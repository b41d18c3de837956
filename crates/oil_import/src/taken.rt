//! OIL: standard objects and their attributes. What becomes of an attribute, and what is told of it.

use crate::attributes::{default_of, is_hook, reason_against, value_of};
use crate::bends::is_other_category;
use crate::items::Item;
use crate::messages::{Message, Subject, Verdict};
use crate::priorities::number;
use crate::reasons;
use crate::sources::Place;
use oil_reader::{AttributeName, Value};
use osek_base::MAX_COUNTS;

/// What becomes of an attribute: the value that it has, where it has one, and what is told of it.
#[derive(Clone, Copy)]
pub(crate) struct Taken<'a> {
    pub value: Option<&'a str>,
    pub message: Option<Message<'a>>,
}

pub(crate) const NOTHING: Taken<'static> = Taken {
    value: None,
    message: None,
};

/// An attribute that nothing is taken for, and why.
pub(crate) fn untaken<'a>(
    place: Place,
    verdict: Verdict,
    subject: Subject<'a>,
    reason: &'static str,
) -> Taken<'a> {
    Taken {
        value: None,
        message: Some(Message {
            place,
            verdict,
            subject,
            reason,
        }),
    }
}

/// A value that is set for an attribute of that word, and why.
pub(crate) fn set<'a>(
    place: Place,
    word: &'a str,
    value: &'a str,
    reason: &'static str,
) -> Taken<'a> {
    Taken {
        value: Some(value),
        message: Some(Message {
            place,
            verdict: Verdict::Set,
            subject: Subject::Setting(word, value),
            reason,
        }),
    }
}

/// The value for AUTO.
pub(crate) fn automatic<'a>(attribute: AttributeName, item: &Item<'a>) -> Taken<'a> {
    let place = item.written_place;
    match default_of(attribute) {
        Some(value) => set(place, item.word, value, reasons::AUTOMATIC),
        None => {
            let subject = Subject::Setting(item.word, "AUTO");
            untaken(place, Verdict::Refused, subject, reasons::NOT_CHOSEN)
        }
    }
}

/// What a value says here that it may not say elsewhere.
fn meaning(attribute: AttributeName, value: &str) -> Option<&'static str> {
    if is_hook(attribute) && value == "TRUE" {
        return Some(reasons::HOOK);
    }
    if attribute == AttributeName::TicksPerBase && !is_one(value) {
        return Some(reasons::DIVIDES);
    }
    None
}

/// A value that is taken as it is written, and what it says here.
pub(crate) fn kept<'a>(attribute: AttributeName, item: &Item<'a>, value: &'a str) -> Taken<'a> {
    let message = match meaning(attribute, value) {
        Some(reason) => Some(Message {
            place: item.place,
            verdict: Verdict::Kept,
            subject: Subject::Setting(item.word, value),
            reason,
        }),
        None => None,
    };
    Taken {
        value: Some(value),
        message,
    }
}

/// A value that is taken as another one, and why.
pub(crate) fn bent<'a>(
    item: &Item<'a>,
    value: &'a str,
    subject: Subject<'a>,
    reason: &'static str,
) -> Taken<'a> {
    Taken {
        value: Some(value),
        message: Some(Message {
            place: item.place,
            verdict: Verdict::Kept,
            subject,
            reason,
        }),
    }
}

/// A priority that is numbered anew, told where it becomes another one.
pub(crate) fn renumbered<'a>(item: &Item<'a>, value: &'a str, becomes: u32) -> Taken<'a> {
    if number(value) == Some(becomes) {
        return Taken {
            value: Some(value),
            message: None,
        };
    }
    let subject = Subject::Renumbered(item.word, value, becomes);
    bent(item, value, subject, reasons::RENUMBERED)
}

/// The greatest MAXALLOWEDVALUE of a counter, as a word.
const FARTHEST: &str = "2147483647";

/// Whether a value is that of a counter that counts farther than one does here.
pub(crate) fn is_too_far(attribute: AttributeName, value: &str) -> bool {
    let is_most = attribute == AttributeName::MaxAllowedValue;
    is_most && number(value).is_some_and(|count| count > MAX_COUNTS)
}

/// The MAXALLOWEDVALUE of a counter that counts farther than one does here.
pub(crate) fn cut<'a>(item: &Item<'a>, value: &'a str) -> Taken<'a> {
    let subject = Subject::Renumbered(item.word, value, MAX_COUNTS);
    bent(item, FARTHEST, subject, reasons::TOO_FAR)
}

/// Why a number is none that a system may have, though the attribute takes it.
pub(crate) fn out_of_counts(attribute: AttributeName, value: &str) -> Option<&'static str> {
    let count = number(value)?;
    match attribute {
        AttributeName::MaxAllowedValue | AttributeName::TicksPerBase | AttributeName::MinCycle
            if count == 0 => { Some(reasons::NOT_ZERO) }
        _ => None,
    }
}

/// Whether an attribute says that status is standard.
pub(crate) fn is_standard(attribute: AttributeName, value: &str) -> bool {
    attribute == AttributeName::Status && value == "STANDARD"
}

/// What stands for an attribute that is missing, by the default of an IMPLEMENTATION.
pub(crate) fn implemented<'a>(attribute: AttributeName, value: &'a str, end: Place) -> Taken<'a> {
    let word = attribute.word();
    let subject = Subject::Setting(word, value);
    if is_standard(attribute, value) {
        return set(end, word, "EXTENDED", reasons::STANDARD_STATUS);
    }
    if is_too_far(attribute, value) {
        return set(end, word, FARTHEST, reasons::TOO_FAR);
    }
    if is_other_category(attribute, value) {
        return untaken(end, Verdict::Refused, subject, reasons::OTHER_CATEGORY);
    }
    let Some(read) = value_of(value) else {
        return untaken(end, Verdict::Refused, subject, reason_against(attribute));
    };
    if !attribute.block(read).is_empty() {
        return untaken(end, Verdict::Refused, subject, reasons::BLOCK_OF_DEFAULT);
    }
    if !attribute.accepts(read) {
        return untaken(end, Verdict::Refused, subject, reason_against(attribute));
    }
    match out_of_counts(attribute, value) {
        Some(reason) => untaken(end, Verdict::Refused, subject, reason),
        None => set(end, word, value, reasons::IMPLEMENTED),
    }
}

/// What is said of an attribute that is left out, since it asks for the code of hooks.
pub(crate) fn without_hook_code<'a>(item: &Item<'a>, value: &'a str) -> Taken<'a> {
    if value == "FALSE" {
        return NOTHING;
    }
    let subject = Subject::Setting(item.word, value);
    untaken(item.place, Verdict::LeftOut, subject, reasons::NO_HOOK_CODE)
}

/// Whether an attribute takes that word.
pub(crate) fn is_accepted(attribute: AttributeName, word: &str) -> bool {
    match value_of(word) {
        Some(value) => attribute.accepts(value),
        None => false,
    }
}

/// Whether a word is the number 1.
pub(crate) fn is_one(word: &str) -> bool {
    match value_of(word) {
        Some(Value::Number(number)) => number == 1,
        _ => false,
    }
}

---

Exercise details >> All lines from the opening of the material through the line that contains "use crate::items::Item;" are to be printed exactly, with no others.

Answer space >>
repository b41d18c3de837956
filename crates/oil_import/src/taken.rt
//! OIL: standard objects and their attributes. What becomes of an attribute, and what is told of it.

use crate::attributes::{default_of, is_hook, reason_against, value_of};
use crate::bends::is_other_category;
use crate::items::Item;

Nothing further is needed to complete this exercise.